The opinion of the court was delivered by: Dennis L. Beck United States Magistrate Judge


Screening Order

I. Screening Requirement

Plaintiff Johnny Earl Evans ("Plaintiff") is a state prisoner proceeding pro se and in forma pauperis in this civil rights action pursuant to 42 U.S.C. § 1983. Plaintiff filed this action on December 13, 2007.

The Court is required to screen complaints brought by prisoners seeking relief against a governmental entity or officer or employee of a governmental entity. 28 U.S.C. § 1915A(a). The Court must dismiss a complaint or portion thereof if the prisoner has raised claims that are legally "frivolous or malicious," that fail to state a claim upon which relief may be granted, or that seek monetary relief from a defendant who is immune from such relief. 28 U.S.C. § 1915A(b)(1),(2). "Notwithstanding any filing fee, or any portion thereof, that may have been paid, the court shall dismiss the case at any time if the court determines that . . . the action or appeal . . . fails to state a claim upon which relief may be granted." 28 U.S.C. § 1915(e)(2)(B)(ii).
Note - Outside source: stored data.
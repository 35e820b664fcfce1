//! The fields of a row.
ghost use Rattle.std.specs.Prelude.{◌≡◌, ◌+◌, ◌≤◌, [], IsTrue, IfOk, OnOk, drop, length};
ghost use Rattle.csv.specs.Records.{fields_of};
ghost use Rattle.change_feed.specs.Fault.{Reads};
ghost use Rattle.csv_records.specs.Texts.{are_texts as texts};
ghost use Rattle.change_feed.specs.Row.{texts_checked, value_at, key_at, values_from};

use crate::fault::{RowCause, RowFault};
use column_types::{FieldFault, Kind, List, NoMemory, Value, parse_value};
use csv::ByteRecord;
use csv_records::{are_texts, text_at};
use graph_schema::Prop;
use std::alloc::Global;

/// `Utf8` where a field is not UTF-8.
#[tactic(auto, unfolding(crate::specs::Row::texts_checked))]
pub(crate) fn check_texts(fields: &ByteRecord) -> Result<(), RowFault>
    ensures reads { Reads result (texts_checked (fields_of fields.now)) }
    ensures texts { OnOk result (IsTrue (texts (fields_of fields.now))) }
{
    if !are_texts(fields) {
        return Err(RowFault::Bad(RowCause::Utf8));
    }
    Ok(())
}

/// The value of a field, `Field` where it writes none.
#[tactic(auto, unfolding(crate::specs::Row::value_at))]
pub(crate) fn read_value(
    alloc: Global,
    kind: Kind,
    fields: &ByteRecord,
    place: usize,
) -> Result<Value, RowFault>
    requires { IsTrue (texts (fields_of fields.now)) }
    ensures { Reads result (value_at kind (fields_of fields.now) place) }
{
    let Some(text) = text_at(fields, place) else {
        return Err(RowFault::Bad(RowCause::Field));
    };
    match parse_value(alloc, kind, text) {
        Ok(value) => Ok(value),
        Err(FieldFault::BadField) => Err(RowFault::Bad(RowCause::Field)),
        Err(FieldFault::NoMemory) => Err(RowFault::NoMemory),
    }
}

/// The key that a field writes, `Field` where it writes none.
#[tactic(auto, unfolding(crate::specs::Row::key_at))]
pub(crate) fn read_key(alloc: Global, fields: &ByteRecord, place: usize) -> Result<i64, RowFault>
    requires { IsTrue (texts (fields_of fields.now)) }
    ensures { Reads result (key_at (fields_of fields.now) place) }
{
    match read_value(alloc, Kind::Long, fields, place)? {
        Value::Long(key) => Ok(key),
        _ => Err(RowFault::Bad(RowCause::Field)),
    }
}

/// An empty list with room for so many values.
fn values_with_room(alloc: Global, count: usize) -> Result<List<Value>, NoMemory>
    ensures { IfOk result (λ values. values ≡ []) }
{
    Ok(List::from_vec(Vec::with_capacity(alloc, count)?))
}

/// The fields from a place on as values of these properties, `Field` where one writes no value of its kind.
pub(crate) fn read_values(
    alloc: Global,
    props: &[Prop],
    fields: &ByteRecord,
    first: usize,
) -> Result<List<Value>, RowFault>
    requires texts { IsTrue (texts (fields_of fields.now)) }
    requires first { first ≤ 5 }
    requires count { length (fields_of fields.now) ≡ length props.now + first }
    ensures { Reads result (values_from props.now (fields_of fields.now) first) }
{
    let mut values = values_with_room(alloc, props.len())?;
    for (i, prop) in props.iter().enumerate() {
        let value = read_value(alloc, prop.kind, fields, first + i)?;
        values.push(value)?;
    }
    Ok(values)
}
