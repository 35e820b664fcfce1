//! Changes from files.
ghost use Rattle.std.specs.Prelude.{◌≡◌, Ok, IfOk, IfErr, OnOk};
ghost use Rattle.csv.specs.Records.{fields_of};
ghost use Rattle.change_feed.specs.Fault.{FeedCause, IsCause};
ghost use Rattle.change_feed.specs.Row.{change_of};
ghost use Rattle.change_feed.specs.Changes.{changes_of, with_row};

use crate::fault::{FeedFault, RowFault, fault_at};
use crate::row::read_row;
use column_types::List;
use csv::ByteRecord;
use csv_records::{open_records, take_record};
use graph_model::{Change, Schema};
use std::alloc::Global;

/// Appends the change of a row.
fn add_row(
    alloc: Global,
    changes: &mut List<Change>,
    schema: &Schema,
    fields: &ByteRecord,
) -> Result<(), RowFault>
    ensures ok { OnOk result (with_row changes.old (change_of schema.now (fields_of fields.now)) ≡ Ok changes.new) }
    ensures cause { IfErr result (IsCause (change_of schema.now (fields_of fields.now))) }
{
    let change = read_row(alloc, schema, fields)?;
    changes.push(change)?;
    Ok(())
}

/// The changes of the rows of a file, in order, for graphs of a schema.
///
/// `BadRow` names the first row with a fault, and its first cause. `NoMemory` comes where memory ran out.
pub fn read_changes(alloc: Global, schema: &Schema, bytes: &[u8]) -> Result<List<Change>, FeedFault>
    ensures ok { IfOk result (λ changes. changes_of schema.now bytes.now ≡ Ok changes) }
    ensures cause { IfErr result (FeedCause (changes_of schema.now bytes.now)) }
{
    let mut reader = open_records(alloc, bytes);
    let mut fields = ByteRecord::new(alloc);
    let mut changes = List::new(alloc);
    let mut row: u64 = 0;
    'records: loop {
        if !take_record(&mut reader, &mut fields)? {
            return Ok(changes);
        }
        row += 1;
        if let Err(fault) = add_row(alloc, &mut changes, schema, &fields) {
            return Err(fault_at(row, fault));
        }
    }
}
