//! Laws of the definitions, in words of their own.
ghost use Rattle.change_feed.specs.Law.{FaultsAreFirst, FilesWriteLists, RowsWriteChanges};

/// A row is read as a change exactly where its fields are texts that write it: the word, the name of the table, the key, and
/// what else the change has.
pub fn rows_write_changes()
    ensures { RowsWriteChanges }
{}

/// A file is read as a list of changes exactly where its rows write them, one by one in order.
pub fn files_write_lists()
    ensures { FilesWriteLists }
{}

/// A fault of a file is that of its first row with one: each row before it is read as a change.
pub fn row_faults_are_first()
    ensures { FaultsAreFirst }
{}
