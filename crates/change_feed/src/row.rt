//! Rows as changes.
ghost use Rattle.std.specs.Prelude.{◌≡◌, ◌+◌, ◌≤◌, IsTrue, OnOk, length, position, slice_get, option_and_then};
ghost use Rattle.csv.specs.Records.{field_at, fields_of};
ghost use Rattle.graph_model.specs.Graph.{vertex_table_props, edge_table_props};
ghost use Rattle.change_feed.specs.Fault.{Reads};
ghost use Rattle.csv_records.specs.Texts.{are_texts};
ghost use Rattle.change_feed.specs.Row.{verb_of as verb_written, verb_at, is_vertex_table, is_edge_table, table_named as named, table_at, props_of as props_due, fields_due as due, count_checked, is_prop, prop_at, value_of_prop, setting_of, inserted_vertex, inserted_edge, change_in, change_of};

use crate::fault::{RowCause, RowFault};
use crate::fields::{check_texts, read_key, read_value, read_values};
use crate::setting::Setting;
use crate::verb::{Verb, verb_of};
use column_types::Value;
use csv::ByteRecord;
use csv_records::text_at;
use graph_model::{Change, EdgeTable, Prop, Schema, VertexTable};
use std::alloc::Global;

// ---- word, table and number of fields

fn verb_written(fields: &ByteRecord) -> Option<Verb>
    requires { IsTrue (are_texts (fields_of fields.now)) }
    ensures { result ≡ option_and_then verb_written (field_at (fields_of fields.now) 0) }
{
    verb_of(text_at(fields, 0)?)
}

/// The word of a row, `Word` where it has none.
#[tactic(auto, unfolding(crate::specs::Row::verb_at))]
fn read_verb(fields: &ByteRecord) -> Result<Verb, RowFault>
    requires { IsTrue (are_texts (fields_of fields.now)) }
    ensures { Reads result (verb_at (fields_of fields.now)) }
{
    match verb_written(fields) {
        Some(verb) => Ok(verb),
        None => Err(RowFault::Bad(RowCause::Word)),
    }
}

fn vertex_table(tables: &[VertexTable], name: &str) -> Option<usize>
    ensures { result ≡ position (is_vertex_table name.now) tables.now }
{
    tables.iter().position(|table| table.name.as_str() == name)
}

fn edge_table(tables: &[EdgeTable], name: &str) -> Option<usize>
    ensures { result ≡ position (is_edge_table name.now) tables.now }
{
    tables.iter().position(|table| table.name.as_str() == name)
}

/// The place of the table of a name, among those that a word speaks of.
fn table_named(schema: &Schema, verb: Verb, name: &str) -> Option<usize>
    ensures { result ≡ named schema.now verb name.now }
{
    match verb {
        Verb::InsertVertex | Verb::DeleteVertex | Verb::SetVertex => {
            vertex_table(schema.vertices(), name)
        }
        Verb::InsertEdge | Verb::DeleteEdge | Verb::SetEdge => edge_table(schema.edges(), name),
    }
}

fn table_written(schema: &Schema, verb: Verb, fields: &ByteRecord) -> Option<usize>
    requires { IsTrue (are_texts (fields_of fields.now)) }
    ensures { result ≡ option_and_then (named schema.now verb) (field_at (fields_of fields.now) 1) }
{
    table_named(schema, verb, text_at(fields, 1)?)
}

/// The table of a row, `Table` where it has none.
#[tactic(auto, unfolding(crate::specs::Row::table_at))]
fn read_table(schema: &Schema, verb: Verb, fields: &ByteRecord) -> Result<u32, RowFault>
    requires { IsTrue (are_texts (fields_of fields.now)) }
    ensures { Reads result (table_at schema.now verb (fields_of fields.now)) }
{
    schema.sound();
    match table_written(schema, verb, fields) {
        Some(table) => Ok(table as u32),
        None => Err(RowFault::Bad(RowCause::Table)),
    }
}

fn vertex_props(tables: &[VertexTable], table: u32) -> &[Prop]
    ensures { result.now ≡ vertex_table_props (slice_get tables.now table) }
{
    match tables.get(table as usize) {
        Some(shape) => shape.props.as_slice(),
        None => &[],
    }
}

fn edge_props(tables: &[EdgeTable], table: u32) -> &[Prop]
    ensures { result.now ≡ edge_table_props (slice_get tables.now table) }
{
    match tables.get(table as usize) {
        Some(shape) => shape.props.as_slice(),
        None => &[],
    }
}

/// The properties of a table.
fn props_of(schema: &Schema, verb: Verb, table: u32) -> &[Prop]
    ensures { result.now ≡ props_due schema.now verb table }
{
    match verb {
        Verb::InsertVertex | Verb::DeleteVertex | Verb::SetVertex => {
            vertex_props(schema.vertices(), table)
        }
        Verb::InsertEdge | Verb::DeleteEdge | Verb::SetEdge => edge_props(schema.edges(), table),
    }
}

/// How many fields a row has.
fn fields_due(verb: Verb, props: &[Prop]) -> usize
    ensures { result ≡ due verb (length props.now) }
{
    match verb {
        Verb::InsertVertex => props.len() + 3,
        Verb::InsertEdge => props.len() + 5,
        Verb::DeleteVertex | Verb::DeleteEdge => 3,
        Verb::SetVertex | Verb::SetEdge => 5,
    }
}

/// `Count` where a row has another number of fields.
#[tactic(auto, unfolding(crate::specs::Row::count_checked))]
fn check_count(verb: Verb, props: &[Prop], fields: &ByteRecord) -> Result<(), RowFault>
    ensures reads { Reads result (count_checked verb (length props.now) (fields_of fields.now)) }
    ensures count { OnOk result (length (fields_of fields.now) ≡ due verb (length props.now)) }
{
    if fields.len() != fields_due(verb, props) {
        return Err(RowFault::Bad(RowCause::Count));
    }
    Ok(())
}

// ---- the change

fn prop_named(props: &[Prop], name: &str) -> Option<usize>
    ensures { result ≡ position (is_prop name.now) props.now }
{
    props.iter().position(|prop| prop.name.as_str() == name)
}

fn prop_written(props: &[Prop], fields: &ByteRecord) -> Option<usize>
    requires { IsTrue (are_texts (fields_of fields.now)) }
    ensures { result ≡ option_and_then (λ name. position (is_prop name) props.now) (field_at (fields_of fields.now) 3) }
{
    prop_named(props, text_at(fields, 3)?)
}

/// The property that a row names, `Prop` where it names none.
#[tactic(auto, unfolding(crate::specs::Row::prop_at))]
fn read_prop(props: &[Prop], fields: &ByteRecord) -> Result<u32, RowFault>
    requires texts { IsTrue (are_texts (fields_of fields.now)) }
    requires few { length props.now ≤ 64 }
    ensures { Reads result (prop_at props.now (fields_of fields.now)) }
{
    match prop_written(props, fields) {
        Some(place) => Ok(place as u32),
        None => Err(RowFault::Bad(RowCause::Prop)),
    }
}

/// The value that a row sets a property to, `Field` where it is none of its kind.
fn read_set_value(
    alloc: Global,
    props: &[Prop],
    prop: u32,
    fields: &ByteRecord,
) -> Result<Value, RowFault>
    requires { IsTrue (are_texts (fields_of fields.now)) }
    ensures { Reads result (value_of_prop (slice_get props.now prop) (fields_of fields.now)) }
{
    match props.get(prop as usize) {
        Some(there) => read_value(alloc, there.kind, fields, 4),
        None => Err(RowFault::Bad(RowCause::Field)),
    }
}

/// What a row sets.
#[tactic(auto, unfolding(crate::specs::Row::setting_of))]
fn read_setting(alloc: Global, props: &[Prop], fields: &ByteRecord) -> Result<Setting, RowFault>
    requires texts { IsTrue (are_texts (fields_of fields.now)) }
    requires few { length props.now ≤ 64 }
    ensures { Reads result (setting_of props.now (fields_of fields.now)) }
{
    let prop = read_prop(props, fields)?;
    let key = read_key(alloc, fields, 2)?;
    let value = read_set_value(alloc, props, prop, fields)?;
    Ok(Setting { key, prop, value })
}

#[tactic(auto, unfolding(crate::specs::Row::inserted_vertex))]
fn read_vertex(
    alloc: Global,
    table: u32,
    props: &[Prop],
    fields: &ByteRecord,
) -> Result<Change, RowFault>
    requires texts { IsTrue (are_texts (fields_of fields.now)) }
    requires count { length (fields_of fields.now) ≡ length props.now + 3 }
    ensures { Reads result (inserted_vertex table props.now (fields_of fields.now)) }
{
    let key = read_key(alloc, fields, 2)?;
    let values = read_values(alloc, props, fields, 3)?;
    Ok(Change::InsertVertex { table, key, values })
}

#[tactic(auto, unfolding(crate::specs::Row::inserted_edge))]
fn read_edge(
    alloc: Global,
    table: u32,
    props: &[Prop],
    fields: &ByteRecord,
) -> Result<Change, RowFault>
    requires texts { IsTrue (are_texts (fields_of fields.now)) }
    requires count { length (fields_of fields.now) ≡ length props.now + 5 }
    ensures { Reads result (inserted_edge table props.now (fields_of fields.now)) }
{
    let key = read_key(alloc, fields, 2)?;
    let source = read_key(alloc, fields, 3)?;
    let destination = read_key(alloc, fields, 4)?;
    let values = read_values(alloc, props, fields, 5)?;
    Ok(Change::InsertEdge {
        table,
        key,
        source,
        destination,
        values,
    })
}

/// The change of a word and a table with these properties.
#[tactic(auto, unfolding(crate::specs::Row::change_in))]
fn read_change(
    alloc: Global,
    verb: Verb,
    table: u32,
    props: &[Prop],
    fields: &ByteRecord,
) -> Result<Change, RowFault>
    requires texts { IsTrue (are_texts (fields_of fields.now)) }
    requires few { length props.now ≤ 64 }
    requires count { length (fields_of fields.now) ≡ due verb (length props.now) }
    ensures { Reads result (change_in verb table props.now (fields_of fields.now)) }
{
    match verb {
        Verb::InsertVertex => read_vertex(alloc, table, props, fields),
        Verb::DeleteVertex => {
            let key = read_key(alloc, fields, 2)?;
            Ok(Change::DeleteVertex { table, key })
        }
        Verb::InsertEdge => read_edge(alloc, table, props, fields),
        Verb::DeleteEdge => {
            let key = read_key(alloc, fields, 2)?;
            Ok(Change::DeleteEdge { table, key })
        }
        Verb::SetVertex => {
            let Setting { key, prop, value } = read_setting(alloc, props, fields)?;
            Ok(Change::SetVertex {
                table,
                key,
                prop,
                value,
            })
        }
        Verb::SetEdge => {
            let Setting { key, prop, value } = read_setting(alloc, props, fields)?;
            Ok(Change::SetEdge {
                table,
                key,
                prop,
                value,
            })
        }
    }
}

/// The change of a row, or its first cause.
#[tactic(auto, unfolding(crate::specs::Row::change_of))]
pub(crate) fn read_row(
    alloc: Global,
    schema: &Schema,
    fields: &ByteRecord,
) -> Result<Change, RowFault>
    ensures { Reads result (change_of schema.now (fields_of fields.now)) }
{
    schema.sound();
    check_texts(fields)?;
    let verb = read_verb(fields)?;
    let table = read_table(schema, verb, fields)?;
    let props = props_of(schema, verb, table);
    check_count(verb, props, fields)?;
    read_change(alloc, verb, table, props, fields)
}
"Rule 8(a)'s simplified pleading standard applies to all civil actions, with limited exceptions," none of which applies to section 1983 actions. Swierkiewicz v. Sorema N. A., 534 U.S. 506, 512 (2002); Fed. R. Civ. P. 8(a). Pursuant to Rule 8(a), a complaint must contain "a short and plain statement of the claim showing that the pleader is entitled to relief . . . ." Fed. R. Civ. P. 8(a). "Such a statement must simply give the defendant fair notice of what the plaintiff's claim is and the grounds upon which it rests." Swierkiewicz, 534 U.S. at 512. However, "the liberal pleading standard . . . applies only to a plaintiff's factual allegations." Neitze v. Williams, 490 U.S. 319, 330 n.9 (1989). "[A] liberal interpretation of a civil rights complaint may not supply essential elements of the claim that were not initially pled." Bruns v. Nat'l Credit Union Admin., 122 F.3d 1251, 1257 (9th Cir. 1997) (quoting Ivey v. Bd. of Regents, 673 F.2d 266, 268 (9th Cir. 1982)).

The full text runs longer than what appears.